Collection entries:
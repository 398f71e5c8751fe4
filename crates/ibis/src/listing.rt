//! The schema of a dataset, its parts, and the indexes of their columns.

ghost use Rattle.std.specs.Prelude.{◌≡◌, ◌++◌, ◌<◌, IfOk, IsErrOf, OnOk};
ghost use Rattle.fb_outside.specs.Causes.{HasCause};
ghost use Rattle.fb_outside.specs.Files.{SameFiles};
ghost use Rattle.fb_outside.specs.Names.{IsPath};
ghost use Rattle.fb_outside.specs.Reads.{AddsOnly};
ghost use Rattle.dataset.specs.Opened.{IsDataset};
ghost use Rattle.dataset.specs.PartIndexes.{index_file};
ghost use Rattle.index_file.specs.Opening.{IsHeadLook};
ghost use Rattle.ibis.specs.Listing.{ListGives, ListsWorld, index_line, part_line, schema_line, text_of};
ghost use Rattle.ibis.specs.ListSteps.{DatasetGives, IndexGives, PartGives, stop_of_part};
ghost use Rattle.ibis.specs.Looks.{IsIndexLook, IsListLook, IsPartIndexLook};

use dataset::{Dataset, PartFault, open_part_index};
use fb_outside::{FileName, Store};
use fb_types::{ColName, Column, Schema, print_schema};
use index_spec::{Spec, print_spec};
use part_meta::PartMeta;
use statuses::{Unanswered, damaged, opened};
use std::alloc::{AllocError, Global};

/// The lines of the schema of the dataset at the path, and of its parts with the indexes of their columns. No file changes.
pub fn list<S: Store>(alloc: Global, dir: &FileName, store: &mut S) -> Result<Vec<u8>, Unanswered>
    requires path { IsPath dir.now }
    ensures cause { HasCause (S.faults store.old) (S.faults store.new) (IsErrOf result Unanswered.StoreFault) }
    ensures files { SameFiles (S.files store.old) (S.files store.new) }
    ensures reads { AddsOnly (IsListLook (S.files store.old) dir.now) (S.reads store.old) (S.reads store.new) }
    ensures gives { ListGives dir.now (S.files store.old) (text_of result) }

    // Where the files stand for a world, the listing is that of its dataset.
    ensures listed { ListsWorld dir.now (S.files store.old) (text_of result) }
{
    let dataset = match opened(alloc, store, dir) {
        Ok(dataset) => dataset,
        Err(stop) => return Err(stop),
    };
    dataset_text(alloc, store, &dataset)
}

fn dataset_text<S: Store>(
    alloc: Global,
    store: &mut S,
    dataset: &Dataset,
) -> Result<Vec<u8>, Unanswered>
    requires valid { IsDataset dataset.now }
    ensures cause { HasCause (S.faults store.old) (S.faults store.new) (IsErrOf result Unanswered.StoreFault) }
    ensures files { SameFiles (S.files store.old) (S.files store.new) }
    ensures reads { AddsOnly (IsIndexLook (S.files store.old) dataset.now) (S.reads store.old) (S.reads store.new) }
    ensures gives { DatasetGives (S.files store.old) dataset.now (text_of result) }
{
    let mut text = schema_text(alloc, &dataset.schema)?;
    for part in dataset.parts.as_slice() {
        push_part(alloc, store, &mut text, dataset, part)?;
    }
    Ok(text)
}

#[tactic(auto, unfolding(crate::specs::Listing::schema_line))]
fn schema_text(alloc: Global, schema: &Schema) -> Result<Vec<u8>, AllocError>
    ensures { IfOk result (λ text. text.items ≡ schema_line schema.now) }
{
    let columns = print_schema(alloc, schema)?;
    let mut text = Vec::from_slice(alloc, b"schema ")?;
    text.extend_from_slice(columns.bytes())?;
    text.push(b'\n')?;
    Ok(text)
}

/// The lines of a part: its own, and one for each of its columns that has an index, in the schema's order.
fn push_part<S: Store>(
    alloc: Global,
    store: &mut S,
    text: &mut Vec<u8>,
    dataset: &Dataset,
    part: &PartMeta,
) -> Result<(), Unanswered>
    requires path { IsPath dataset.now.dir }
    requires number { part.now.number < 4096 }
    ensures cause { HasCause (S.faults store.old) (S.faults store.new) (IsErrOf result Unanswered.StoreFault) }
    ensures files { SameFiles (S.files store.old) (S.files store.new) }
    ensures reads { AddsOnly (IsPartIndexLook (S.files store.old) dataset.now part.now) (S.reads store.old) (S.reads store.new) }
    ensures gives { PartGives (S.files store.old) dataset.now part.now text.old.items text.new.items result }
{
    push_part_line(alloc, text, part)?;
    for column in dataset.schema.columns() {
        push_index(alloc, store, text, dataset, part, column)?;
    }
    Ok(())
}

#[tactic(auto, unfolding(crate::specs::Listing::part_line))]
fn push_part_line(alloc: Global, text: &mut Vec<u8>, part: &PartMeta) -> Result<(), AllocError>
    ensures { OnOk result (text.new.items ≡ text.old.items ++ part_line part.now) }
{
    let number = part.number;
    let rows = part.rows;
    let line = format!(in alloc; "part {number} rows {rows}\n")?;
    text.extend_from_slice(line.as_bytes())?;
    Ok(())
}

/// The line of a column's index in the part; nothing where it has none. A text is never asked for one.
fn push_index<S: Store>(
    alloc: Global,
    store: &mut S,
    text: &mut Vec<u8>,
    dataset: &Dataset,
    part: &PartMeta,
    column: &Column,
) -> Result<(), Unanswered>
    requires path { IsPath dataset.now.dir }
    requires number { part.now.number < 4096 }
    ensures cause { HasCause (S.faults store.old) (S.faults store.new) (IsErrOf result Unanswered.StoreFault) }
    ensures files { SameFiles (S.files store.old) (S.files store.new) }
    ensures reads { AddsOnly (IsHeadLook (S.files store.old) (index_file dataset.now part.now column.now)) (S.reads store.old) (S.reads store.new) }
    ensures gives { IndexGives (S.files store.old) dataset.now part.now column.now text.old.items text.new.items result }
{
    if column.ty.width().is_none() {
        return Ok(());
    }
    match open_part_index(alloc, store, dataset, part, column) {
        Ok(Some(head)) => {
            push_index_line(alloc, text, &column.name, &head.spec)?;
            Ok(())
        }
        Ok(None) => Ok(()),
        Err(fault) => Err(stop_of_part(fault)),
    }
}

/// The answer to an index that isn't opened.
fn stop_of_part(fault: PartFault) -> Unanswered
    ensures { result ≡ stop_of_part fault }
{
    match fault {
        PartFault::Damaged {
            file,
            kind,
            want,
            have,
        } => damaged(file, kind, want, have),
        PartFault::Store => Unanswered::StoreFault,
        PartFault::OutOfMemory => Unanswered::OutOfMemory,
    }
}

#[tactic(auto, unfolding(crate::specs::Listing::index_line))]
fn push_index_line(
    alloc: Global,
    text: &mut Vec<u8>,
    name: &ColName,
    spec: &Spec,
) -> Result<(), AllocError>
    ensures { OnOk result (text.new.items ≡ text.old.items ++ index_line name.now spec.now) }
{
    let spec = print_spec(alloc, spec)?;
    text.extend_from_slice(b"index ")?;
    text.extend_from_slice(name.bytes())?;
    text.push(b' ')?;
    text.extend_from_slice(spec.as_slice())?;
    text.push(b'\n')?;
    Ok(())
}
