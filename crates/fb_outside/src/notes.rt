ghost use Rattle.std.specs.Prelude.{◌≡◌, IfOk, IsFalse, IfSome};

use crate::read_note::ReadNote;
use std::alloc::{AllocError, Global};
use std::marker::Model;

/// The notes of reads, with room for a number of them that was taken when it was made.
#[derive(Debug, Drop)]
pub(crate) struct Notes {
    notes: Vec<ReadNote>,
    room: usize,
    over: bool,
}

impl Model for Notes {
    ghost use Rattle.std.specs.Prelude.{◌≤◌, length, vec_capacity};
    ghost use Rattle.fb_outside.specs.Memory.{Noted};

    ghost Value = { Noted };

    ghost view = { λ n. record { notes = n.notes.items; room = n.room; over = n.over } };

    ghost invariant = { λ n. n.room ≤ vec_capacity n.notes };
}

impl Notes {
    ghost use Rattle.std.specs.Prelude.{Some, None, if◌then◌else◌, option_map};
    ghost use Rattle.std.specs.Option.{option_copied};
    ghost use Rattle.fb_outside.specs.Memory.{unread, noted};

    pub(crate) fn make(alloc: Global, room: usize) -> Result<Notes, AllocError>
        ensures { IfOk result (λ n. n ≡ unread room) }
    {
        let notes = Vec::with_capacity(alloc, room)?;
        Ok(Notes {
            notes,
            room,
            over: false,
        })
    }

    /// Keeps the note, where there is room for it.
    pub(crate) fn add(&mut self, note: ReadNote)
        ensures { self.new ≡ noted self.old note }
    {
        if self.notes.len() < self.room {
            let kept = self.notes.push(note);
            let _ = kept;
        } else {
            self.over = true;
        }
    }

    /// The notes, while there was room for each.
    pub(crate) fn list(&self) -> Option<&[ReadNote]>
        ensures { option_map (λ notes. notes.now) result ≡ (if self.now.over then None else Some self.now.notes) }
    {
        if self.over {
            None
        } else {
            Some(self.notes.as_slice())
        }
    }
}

---

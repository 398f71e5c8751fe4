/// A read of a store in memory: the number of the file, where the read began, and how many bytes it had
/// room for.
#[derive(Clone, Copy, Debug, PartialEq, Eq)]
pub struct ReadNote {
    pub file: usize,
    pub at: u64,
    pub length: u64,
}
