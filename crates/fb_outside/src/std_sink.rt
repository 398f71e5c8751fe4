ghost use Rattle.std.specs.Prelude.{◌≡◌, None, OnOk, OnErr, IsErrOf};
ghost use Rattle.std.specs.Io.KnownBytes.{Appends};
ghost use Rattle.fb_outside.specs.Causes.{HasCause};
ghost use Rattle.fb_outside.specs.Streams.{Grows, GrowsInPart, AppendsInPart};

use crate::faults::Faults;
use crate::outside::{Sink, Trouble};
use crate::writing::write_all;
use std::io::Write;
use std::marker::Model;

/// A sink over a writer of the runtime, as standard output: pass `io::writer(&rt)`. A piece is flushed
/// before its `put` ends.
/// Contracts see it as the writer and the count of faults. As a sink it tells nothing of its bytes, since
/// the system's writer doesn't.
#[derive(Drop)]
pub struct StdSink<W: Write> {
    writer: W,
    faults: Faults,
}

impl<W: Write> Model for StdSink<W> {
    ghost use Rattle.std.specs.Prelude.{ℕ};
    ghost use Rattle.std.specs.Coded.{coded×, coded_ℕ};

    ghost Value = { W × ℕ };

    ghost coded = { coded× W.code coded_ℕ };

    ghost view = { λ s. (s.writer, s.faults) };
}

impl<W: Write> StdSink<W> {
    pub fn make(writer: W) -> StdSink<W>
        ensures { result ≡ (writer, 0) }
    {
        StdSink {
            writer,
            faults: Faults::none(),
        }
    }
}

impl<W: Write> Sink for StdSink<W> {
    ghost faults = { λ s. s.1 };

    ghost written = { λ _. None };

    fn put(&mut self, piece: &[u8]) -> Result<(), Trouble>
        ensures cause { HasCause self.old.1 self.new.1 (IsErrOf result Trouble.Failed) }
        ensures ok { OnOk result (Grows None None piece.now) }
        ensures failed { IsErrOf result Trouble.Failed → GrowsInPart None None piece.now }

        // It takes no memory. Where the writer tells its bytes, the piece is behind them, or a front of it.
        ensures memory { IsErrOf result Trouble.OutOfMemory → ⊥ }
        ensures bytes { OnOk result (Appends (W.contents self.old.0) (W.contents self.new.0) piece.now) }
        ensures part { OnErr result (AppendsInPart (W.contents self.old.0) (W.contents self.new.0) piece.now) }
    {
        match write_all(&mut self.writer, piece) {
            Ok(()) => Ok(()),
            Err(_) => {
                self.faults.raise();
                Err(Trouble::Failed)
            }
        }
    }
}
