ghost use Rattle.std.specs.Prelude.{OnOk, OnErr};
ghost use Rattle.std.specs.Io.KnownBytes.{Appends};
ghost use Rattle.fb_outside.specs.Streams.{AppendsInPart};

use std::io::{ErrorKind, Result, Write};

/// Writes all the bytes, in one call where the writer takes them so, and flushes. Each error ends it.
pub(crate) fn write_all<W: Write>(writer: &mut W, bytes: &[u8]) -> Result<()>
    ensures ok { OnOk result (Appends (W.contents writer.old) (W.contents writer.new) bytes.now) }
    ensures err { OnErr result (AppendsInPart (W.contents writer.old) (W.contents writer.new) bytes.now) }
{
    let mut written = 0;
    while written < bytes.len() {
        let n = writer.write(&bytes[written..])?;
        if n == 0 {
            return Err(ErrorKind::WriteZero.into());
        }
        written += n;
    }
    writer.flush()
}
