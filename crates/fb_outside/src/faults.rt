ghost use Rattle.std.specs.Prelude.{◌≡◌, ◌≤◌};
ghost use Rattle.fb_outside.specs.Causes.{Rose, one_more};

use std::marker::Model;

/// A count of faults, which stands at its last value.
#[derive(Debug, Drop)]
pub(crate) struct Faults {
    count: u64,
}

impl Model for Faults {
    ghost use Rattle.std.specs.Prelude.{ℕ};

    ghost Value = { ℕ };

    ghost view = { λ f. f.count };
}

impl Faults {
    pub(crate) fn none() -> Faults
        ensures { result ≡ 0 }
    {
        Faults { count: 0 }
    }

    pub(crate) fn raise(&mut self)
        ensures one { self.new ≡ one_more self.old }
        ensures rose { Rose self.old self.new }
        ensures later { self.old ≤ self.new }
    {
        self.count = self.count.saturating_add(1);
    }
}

* * *

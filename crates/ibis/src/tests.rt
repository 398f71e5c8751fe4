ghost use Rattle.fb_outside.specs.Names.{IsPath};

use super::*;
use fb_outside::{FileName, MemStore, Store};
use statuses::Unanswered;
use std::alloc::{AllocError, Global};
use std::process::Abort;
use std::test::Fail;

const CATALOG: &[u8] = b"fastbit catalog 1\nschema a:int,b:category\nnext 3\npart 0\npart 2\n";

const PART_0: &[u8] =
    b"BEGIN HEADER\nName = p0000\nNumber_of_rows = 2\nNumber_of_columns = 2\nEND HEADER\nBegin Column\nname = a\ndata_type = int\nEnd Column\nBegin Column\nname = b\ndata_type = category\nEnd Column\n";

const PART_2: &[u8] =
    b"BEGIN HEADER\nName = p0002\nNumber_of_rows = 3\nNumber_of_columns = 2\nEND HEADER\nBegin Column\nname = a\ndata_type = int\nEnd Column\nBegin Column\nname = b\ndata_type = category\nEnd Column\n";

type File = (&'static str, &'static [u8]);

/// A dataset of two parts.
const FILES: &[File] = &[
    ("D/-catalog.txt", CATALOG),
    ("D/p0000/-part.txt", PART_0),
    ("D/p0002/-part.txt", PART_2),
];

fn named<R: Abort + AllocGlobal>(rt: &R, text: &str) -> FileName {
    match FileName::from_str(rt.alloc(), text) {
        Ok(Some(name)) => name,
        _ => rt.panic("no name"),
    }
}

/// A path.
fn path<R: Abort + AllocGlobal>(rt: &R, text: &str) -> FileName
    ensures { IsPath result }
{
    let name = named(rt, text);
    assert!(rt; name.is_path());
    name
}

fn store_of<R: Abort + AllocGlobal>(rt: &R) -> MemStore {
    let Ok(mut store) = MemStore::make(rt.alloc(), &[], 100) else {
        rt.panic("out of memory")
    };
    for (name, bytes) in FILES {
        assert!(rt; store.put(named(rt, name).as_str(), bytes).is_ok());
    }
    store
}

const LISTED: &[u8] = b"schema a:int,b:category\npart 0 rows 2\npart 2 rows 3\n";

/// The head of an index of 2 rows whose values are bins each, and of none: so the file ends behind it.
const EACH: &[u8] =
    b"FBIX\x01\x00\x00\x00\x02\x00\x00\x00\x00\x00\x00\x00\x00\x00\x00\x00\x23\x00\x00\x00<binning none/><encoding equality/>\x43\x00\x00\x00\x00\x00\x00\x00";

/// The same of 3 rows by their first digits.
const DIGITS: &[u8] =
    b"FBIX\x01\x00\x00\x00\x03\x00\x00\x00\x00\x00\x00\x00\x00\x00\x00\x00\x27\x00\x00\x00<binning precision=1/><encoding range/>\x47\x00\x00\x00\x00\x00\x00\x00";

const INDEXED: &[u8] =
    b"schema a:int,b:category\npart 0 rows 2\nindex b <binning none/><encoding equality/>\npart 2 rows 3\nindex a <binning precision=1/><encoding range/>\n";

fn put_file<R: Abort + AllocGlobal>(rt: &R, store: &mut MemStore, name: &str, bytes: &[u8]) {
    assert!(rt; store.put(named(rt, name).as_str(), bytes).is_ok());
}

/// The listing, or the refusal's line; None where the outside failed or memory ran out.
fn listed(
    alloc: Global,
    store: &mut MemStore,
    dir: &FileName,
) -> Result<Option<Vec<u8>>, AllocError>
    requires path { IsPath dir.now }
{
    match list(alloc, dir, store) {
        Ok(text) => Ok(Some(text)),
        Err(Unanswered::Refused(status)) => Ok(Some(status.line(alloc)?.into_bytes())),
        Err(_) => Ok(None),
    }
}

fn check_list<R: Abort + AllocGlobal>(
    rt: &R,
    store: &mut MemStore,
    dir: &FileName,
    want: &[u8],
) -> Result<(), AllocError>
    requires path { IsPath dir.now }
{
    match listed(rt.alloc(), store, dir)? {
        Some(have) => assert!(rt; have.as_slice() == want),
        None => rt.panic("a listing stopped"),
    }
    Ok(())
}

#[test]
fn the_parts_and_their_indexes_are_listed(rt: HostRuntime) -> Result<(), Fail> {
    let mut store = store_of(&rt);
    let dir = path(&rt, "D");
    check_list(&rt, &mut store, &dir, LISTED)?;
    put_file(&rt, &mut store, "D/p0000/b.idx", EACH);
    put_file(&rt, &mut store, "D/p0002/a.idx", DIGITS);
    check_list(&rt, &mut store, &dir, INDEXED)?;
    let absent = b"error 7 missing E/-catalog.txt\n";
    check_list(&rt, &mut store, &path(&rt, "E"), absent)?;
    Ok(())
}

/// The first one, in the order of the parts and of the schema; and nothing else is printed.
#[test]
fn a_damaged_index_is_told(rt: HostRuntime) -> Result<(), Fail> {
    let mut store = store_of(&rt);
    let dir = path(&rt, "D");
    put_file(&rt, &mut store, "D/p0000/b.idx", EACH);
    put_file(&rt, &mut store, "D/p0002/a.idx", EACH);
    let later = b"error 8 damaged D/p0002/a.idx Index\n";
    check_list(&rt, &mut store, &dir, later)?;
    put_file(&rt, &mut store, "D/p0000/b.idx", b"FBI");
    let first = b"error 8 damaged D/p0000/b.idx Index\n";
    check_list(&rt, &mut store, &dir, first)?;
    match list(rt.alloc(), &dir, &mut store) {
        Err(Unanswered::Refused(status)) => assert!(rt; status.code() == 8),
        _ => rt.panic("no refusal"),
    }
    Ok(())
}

> [EXERCISE DETAILS]
Lines that contain "piece" should be pulled from the entries above and reported.

> [RESPONSE]
/// A sink over a writer of the runtime, as standard output: pass `io::writer(&rt)`. A piece is flushed
    fn put(&mut self, piece: &[u8]) -> Result<(), Trouble>
        ensures ok { OnOk result (Grows None None piece.now) }
        ensures failed { IsErrOf result Trouble.Failed → GrowsInPart None None piece.now }
        // It takes no memory. Where the writer tells its bytes, the piece is behind them, or a front of it.
        ensures bytes { OnOk result (Appends (W.contents self.old.0) (W.contents self.new.0) piece.now) }
        ensures part { OnErr result (AppendsInPart (W.contents self.old.0) (W.contents self.new.0) piece.now) }
        match write_all(&mut self.writer, piece) {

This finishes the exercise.